===== DATA TO EXAMINE
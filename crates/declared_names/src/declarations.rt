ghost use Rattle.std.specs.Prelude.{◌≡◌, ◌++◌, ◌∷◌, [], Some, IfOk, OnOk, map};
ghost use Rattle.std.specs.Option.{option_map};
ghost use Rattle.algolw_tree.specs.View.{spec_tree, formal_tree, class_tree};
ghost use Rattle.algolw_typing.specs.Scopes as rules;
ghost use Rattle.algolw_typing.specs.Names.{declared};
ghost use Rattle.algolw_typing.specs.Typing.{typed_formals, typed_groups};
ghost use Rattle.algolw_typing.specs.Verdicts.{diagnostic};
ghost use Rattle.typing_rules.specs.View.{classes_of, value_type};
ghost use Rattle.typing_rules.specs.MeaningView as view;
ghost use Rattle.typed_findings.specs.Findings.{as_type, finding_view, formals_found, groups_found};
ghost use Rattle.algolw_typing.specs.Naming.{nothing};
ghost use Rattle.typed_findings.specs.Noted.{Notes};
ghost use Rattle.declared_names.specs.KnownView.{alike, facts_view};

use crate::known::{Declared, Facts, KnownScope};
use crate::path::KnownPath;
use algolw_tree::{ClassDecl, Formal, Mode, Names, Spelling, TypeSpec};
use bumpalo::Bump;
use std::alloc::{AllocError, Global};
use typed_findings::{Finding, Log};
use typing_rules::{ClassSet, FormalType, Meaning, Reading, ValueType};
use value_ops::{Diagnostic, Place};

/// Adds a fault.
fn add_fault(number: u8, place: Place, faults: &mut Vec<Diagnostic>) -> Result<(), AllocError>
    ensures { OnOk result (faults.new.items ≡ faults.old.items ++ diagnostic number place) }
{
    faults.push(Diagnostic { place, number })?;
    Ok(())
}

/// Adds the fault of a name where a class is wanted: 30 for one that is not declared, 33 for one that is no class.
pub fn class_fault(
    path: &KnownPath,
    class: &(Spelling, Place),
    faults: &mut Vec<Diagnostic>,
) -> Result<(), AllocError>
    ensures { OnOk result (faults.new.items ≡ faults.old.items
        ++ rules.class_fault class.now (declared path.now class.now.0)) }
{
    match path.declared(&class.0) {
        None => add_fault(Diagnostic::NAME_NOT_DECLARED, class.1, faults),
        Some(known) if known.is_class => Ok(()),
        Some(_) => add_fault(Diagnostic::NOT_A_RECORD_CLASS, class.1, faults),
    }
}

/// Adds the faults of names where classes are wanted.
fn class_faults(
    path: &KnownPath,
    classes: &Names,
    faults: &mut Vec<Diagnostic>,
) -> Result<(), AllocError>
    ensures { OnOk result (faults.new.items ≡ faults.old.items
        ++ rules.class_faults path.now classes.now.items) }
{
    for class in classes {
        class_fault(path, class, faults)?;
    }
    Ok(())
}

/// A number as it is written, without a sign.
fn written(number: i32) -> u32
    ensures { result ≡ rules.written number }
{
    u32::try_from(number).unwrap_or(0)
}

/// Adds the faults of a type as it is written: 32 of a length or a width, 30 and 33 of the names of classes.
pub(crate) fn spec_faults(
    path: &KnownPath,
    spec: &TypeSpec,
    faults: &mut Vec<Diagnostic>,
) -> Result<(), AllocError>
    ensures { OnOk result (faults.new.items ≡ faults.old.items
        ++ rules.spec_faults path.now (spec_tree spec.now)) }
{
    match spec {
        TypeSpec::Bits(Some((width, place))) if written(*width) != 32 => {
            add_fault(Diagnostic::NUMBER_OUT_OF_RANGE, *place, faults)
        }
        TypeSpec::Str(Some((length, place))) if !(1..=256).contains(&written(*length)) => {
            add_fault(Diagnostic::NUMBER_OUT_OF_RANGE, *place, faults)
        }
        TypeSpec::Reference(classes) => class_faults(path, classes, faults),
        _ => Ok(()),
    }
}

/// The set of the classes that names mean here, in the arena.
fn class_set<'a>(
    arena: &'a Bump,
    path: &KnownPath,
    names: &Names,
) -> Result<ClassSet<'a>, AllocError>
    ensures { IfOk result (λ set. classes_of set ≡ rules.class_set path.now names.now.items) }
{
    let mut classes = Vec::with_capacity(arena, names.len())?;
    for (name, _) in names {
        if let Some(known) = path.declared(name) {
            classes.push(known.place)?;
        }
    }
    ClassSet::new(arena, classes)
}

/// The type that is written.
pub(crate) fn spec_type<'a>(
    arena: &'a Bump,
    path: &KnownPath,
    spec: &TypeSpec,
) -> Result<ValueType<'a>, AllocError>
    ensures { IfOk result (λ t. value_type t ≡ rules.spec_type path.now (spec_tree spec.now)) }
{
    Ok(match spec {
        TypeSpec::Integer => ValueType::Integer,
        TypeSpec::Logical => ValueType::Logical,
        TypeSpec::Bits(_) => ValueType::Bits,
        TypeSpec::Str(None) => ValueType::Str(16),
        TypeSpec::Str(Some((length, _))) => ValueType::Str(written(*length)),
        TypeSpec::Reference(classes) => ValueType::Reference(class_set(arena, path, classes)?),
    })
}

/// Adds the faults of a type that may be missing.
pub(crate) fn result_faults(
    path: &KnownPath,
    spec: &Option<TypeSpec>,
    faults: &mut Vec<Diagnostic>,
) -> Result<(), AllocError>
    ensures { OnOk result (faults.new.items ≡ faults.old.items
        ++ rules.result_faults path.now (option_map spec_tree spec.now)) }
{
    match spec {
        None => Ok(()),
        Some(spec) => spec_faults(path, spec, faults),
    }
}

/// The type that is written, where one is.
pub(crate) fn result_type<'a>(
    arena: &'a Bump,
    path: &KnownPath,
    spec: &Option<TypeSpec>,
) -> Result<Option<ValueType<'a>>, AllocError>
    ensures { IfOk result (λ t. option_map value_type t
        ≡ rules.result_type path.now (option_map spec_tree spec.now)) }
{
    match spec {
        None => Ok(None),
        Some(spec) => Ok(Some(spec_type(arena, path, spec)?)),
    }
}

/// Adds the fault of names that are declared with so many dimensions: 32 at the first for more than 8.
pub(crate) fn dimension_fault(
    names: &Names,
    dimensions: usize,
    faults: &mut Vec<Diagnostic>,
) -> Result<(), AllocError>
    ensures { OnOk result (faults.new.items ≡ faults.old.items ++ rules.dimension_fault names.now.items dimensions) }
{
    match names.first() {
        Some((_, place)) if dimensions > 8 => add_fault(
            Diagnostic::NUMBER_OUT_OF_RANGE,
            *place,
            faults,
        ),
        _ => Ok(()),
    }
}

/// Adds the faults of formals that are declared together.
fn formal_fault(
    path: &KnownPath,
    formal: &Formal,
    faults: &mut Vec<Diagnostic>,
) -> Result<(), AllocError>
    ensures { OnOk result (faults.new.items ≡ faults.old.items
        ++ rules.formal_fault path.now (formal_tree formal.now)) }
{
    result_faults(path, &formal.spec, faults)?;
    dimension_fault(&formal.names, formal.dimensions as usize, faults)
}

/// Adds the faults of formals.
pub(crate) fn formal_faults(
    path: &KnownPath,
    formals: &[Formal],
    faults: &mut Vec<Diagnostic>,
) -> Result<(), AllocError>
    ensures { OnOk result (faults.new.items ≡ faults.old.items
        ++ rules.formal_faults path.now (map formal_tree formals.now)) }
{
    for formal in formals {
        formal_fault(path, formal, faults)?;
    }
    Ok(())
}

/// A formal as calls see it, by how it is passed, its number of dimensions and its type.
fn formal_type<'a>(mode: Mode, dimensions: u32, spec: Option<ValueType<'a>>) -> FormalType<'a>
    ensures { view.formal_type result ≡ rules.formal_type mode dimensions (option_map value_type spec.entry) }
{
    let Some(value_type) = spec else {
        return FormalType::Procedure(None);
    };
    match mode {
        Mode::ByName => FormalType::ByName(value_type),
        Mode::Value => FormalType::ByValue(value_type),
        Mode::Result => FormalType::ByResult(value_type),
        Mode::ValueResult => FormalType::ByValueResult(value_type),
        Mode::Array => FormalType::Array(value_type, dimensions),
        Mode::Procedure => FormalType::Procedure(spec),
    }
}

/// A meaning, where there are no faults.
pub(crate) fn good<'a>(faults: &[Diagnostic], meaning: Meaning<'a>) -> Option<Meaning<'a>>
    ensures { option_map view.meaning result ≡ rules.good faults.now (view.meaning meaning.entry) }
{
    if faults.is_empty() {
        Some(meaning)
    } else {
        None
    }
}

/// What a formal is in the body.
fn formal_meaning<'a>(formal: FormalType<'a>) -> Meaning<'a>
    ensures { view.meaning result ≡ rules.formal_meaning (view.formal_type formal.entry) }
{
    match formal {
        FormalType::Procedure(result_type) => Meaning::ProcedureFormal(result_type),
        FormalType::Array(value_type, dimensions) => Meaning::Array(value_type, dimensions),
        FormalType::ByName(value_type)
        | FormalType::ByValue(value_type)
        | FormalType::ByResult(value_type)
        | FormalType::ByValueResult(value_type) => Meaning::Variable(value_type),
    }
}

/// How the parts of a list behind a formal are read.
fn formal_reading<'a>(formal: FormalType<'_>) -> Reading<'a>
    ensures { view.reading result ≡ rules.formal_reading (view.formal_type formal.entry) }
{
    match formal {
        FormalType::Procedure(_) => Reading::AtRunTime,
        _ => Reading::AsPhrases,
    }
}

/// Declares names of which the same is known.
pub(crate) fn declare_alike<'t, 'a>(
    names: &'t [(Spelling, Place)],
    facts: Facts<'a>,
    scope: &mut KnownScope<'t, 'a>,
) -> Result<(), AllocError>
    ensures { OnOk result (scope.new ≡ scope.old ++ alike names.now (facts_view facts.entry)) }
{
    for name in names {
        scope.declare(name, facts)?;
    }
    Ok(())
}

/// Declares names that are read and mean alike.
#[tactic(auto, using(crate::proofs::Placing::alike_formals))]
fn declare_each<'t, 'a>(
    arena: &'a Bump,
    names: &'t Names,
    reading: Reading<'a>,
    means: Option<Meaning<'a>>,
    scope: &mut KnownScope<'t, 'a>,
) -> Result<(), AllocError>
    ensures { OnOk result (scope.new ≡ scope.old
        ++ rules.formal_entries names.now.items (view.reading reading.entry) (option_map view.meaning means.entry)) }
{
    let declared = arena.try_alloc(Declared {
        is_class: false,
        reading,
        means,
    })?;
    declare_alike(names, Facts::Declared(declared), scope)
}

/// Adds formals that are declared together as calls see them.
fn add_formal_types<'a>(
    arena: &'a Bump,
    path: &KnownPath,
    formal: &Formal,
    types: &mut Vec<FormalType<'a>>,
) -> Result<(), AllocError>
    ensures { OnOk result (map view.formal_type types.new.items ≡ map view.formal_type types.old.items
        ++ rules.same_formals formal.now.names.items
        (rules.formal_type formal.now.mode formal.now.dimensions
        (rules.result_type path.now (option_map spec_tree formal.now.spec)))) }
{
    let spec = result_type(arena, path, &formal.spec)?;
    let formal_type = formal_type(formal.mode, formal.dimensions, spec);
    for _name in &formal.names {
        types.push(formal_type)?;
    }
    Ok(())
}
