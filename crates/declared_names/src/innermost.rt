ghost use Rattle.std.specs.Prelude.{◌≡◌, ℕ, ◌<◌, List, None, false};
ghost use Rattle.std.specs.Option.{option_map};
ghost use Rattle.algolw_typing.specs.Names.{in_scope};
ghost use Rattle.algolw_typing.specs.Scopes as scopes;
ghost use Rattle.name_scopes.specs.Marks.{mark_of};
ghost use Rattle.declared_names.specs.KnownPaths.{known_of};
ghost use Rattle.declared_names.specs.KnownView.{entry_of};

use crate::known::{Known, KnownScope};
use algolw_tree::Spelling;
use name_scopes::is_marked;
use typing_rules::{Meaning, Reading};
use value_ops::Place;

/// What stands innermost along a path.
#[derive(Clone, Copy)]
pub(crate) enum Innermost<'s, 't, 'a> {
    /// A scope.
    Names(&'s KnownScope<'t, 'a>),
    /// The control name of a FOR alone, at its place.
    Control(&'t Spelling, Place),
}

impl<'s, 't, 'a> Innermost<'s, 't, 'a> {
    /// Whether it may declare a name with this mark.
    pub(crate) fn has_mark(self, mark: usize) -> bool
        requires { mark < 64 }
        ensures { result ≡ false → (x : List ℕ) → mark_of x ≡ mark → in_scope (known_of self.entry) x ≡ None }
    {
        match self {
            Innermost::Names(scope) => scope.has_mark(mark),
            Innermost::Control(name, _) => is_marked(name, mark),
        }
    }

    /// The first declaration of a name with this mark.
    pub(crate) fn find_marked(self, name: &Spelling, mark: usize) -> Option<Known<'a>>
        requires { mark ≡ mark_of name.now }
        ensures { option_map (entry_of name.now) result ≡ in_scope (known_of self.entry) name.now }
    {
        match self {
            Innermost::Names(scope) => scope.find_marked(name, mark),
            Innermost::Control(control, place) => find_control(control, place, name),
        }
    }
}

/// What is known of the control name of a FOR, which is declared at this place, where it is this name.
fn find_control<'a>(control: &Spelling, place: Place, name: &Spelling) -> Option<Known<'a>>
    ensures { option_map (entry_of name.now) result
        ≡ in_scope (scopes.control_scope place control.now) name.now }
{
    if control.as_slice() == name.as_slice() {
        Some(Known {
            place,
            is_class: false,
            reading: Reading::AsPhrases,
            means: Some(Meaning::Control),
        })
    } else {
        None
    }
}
==========
**TASK OBJECTIVE:** Could you reproduce, exactly, every line above from the line with "#[derive(Clone, Copy)]" to the line with "declare a name with this mark.", and no other line? Both ends count.

**SOLUTION FOR THIS PROBLEM:**
#[derive(Clone, Copy)]
pub(crate) enum Innermost<'s, 't, 'a> {
    /// A scope.
    Names(&'s KnownScope<'t, 'a>),
    /// The control name of a FOR alone, at its place.
    Control(&'t Spelling, Place),
}

impl<'s, 't, 'a> Innermost<'s, 't, 'a> {
    /// Whether it may declare a name with this mark.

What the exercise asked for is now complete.